Page MenuHomePhabricator

2024-11-26 Toolforge DNS incident
Closed, ResolvedPublic

Description

There are current widespread intermittent DNS resolution issues within the Toolforge Kubernetes cluster that might have began as early as Sunday. These issues are causing some jobs and deployments to fail, particularly on NFS worker nodes.

Impact:

  • Some tools may experience failed deployments or crashes
  • Job execution may be inconsistent
  • Image pulls may fail intermittently

Event Timeline

Restricted Application added a subscriber: Aklapper. · View Herald Transcript

The current status is stable again, we are still investigating the root causes, but the cluster is up and running.

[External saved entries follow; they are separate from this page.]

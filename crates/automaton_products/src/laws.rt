//! Laws of pairs.
ghost use Rattle.std.specs.Prelude.{◌≡◌, true};
ghost use Rattle.automaton_products.specs.contracts.pairs.PairPartialEq.TheImpl as pair_impl;
ghost use Rattle.automaton_products.specs.declared.pairs.Pair.{Pair};

/// Pairs that `==` finds equal are the same.
pub fn equal_pairs_are_one()
    ensures one { (p q : Pair) → pair_impl.eq-value.it p q ≡ true → p ≡ q }
    ensures itself { (p : Pair) → pair_impl.eq-value.it p p ≡ true }
{}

Let us know if there's any new issues arising

dcaro triaged this task as High priority.Nov 26 2024, 11:09 AM

Change #1097991 had a related patch set uploaded (by David Caro; author: David Caro):

[cloud/wmcs-cookbooks@main] toolforge.k8s.reboot: swap the control node if it's the one to reboot

https://gerrit.wikimedia.org/r/1097991

Change #1097991 merged by jenkins-bot:

[cloud/wmcs-cookbooks@main] toolforge.k8s.reboot: swap the control node if it's the one to reboot

https://gerrit.wikimedia.org/r/1097991

aborrero claimed this task.
aborrero subscribed.

I think we can declare this as resolved, and work on the parent/sibling tickets.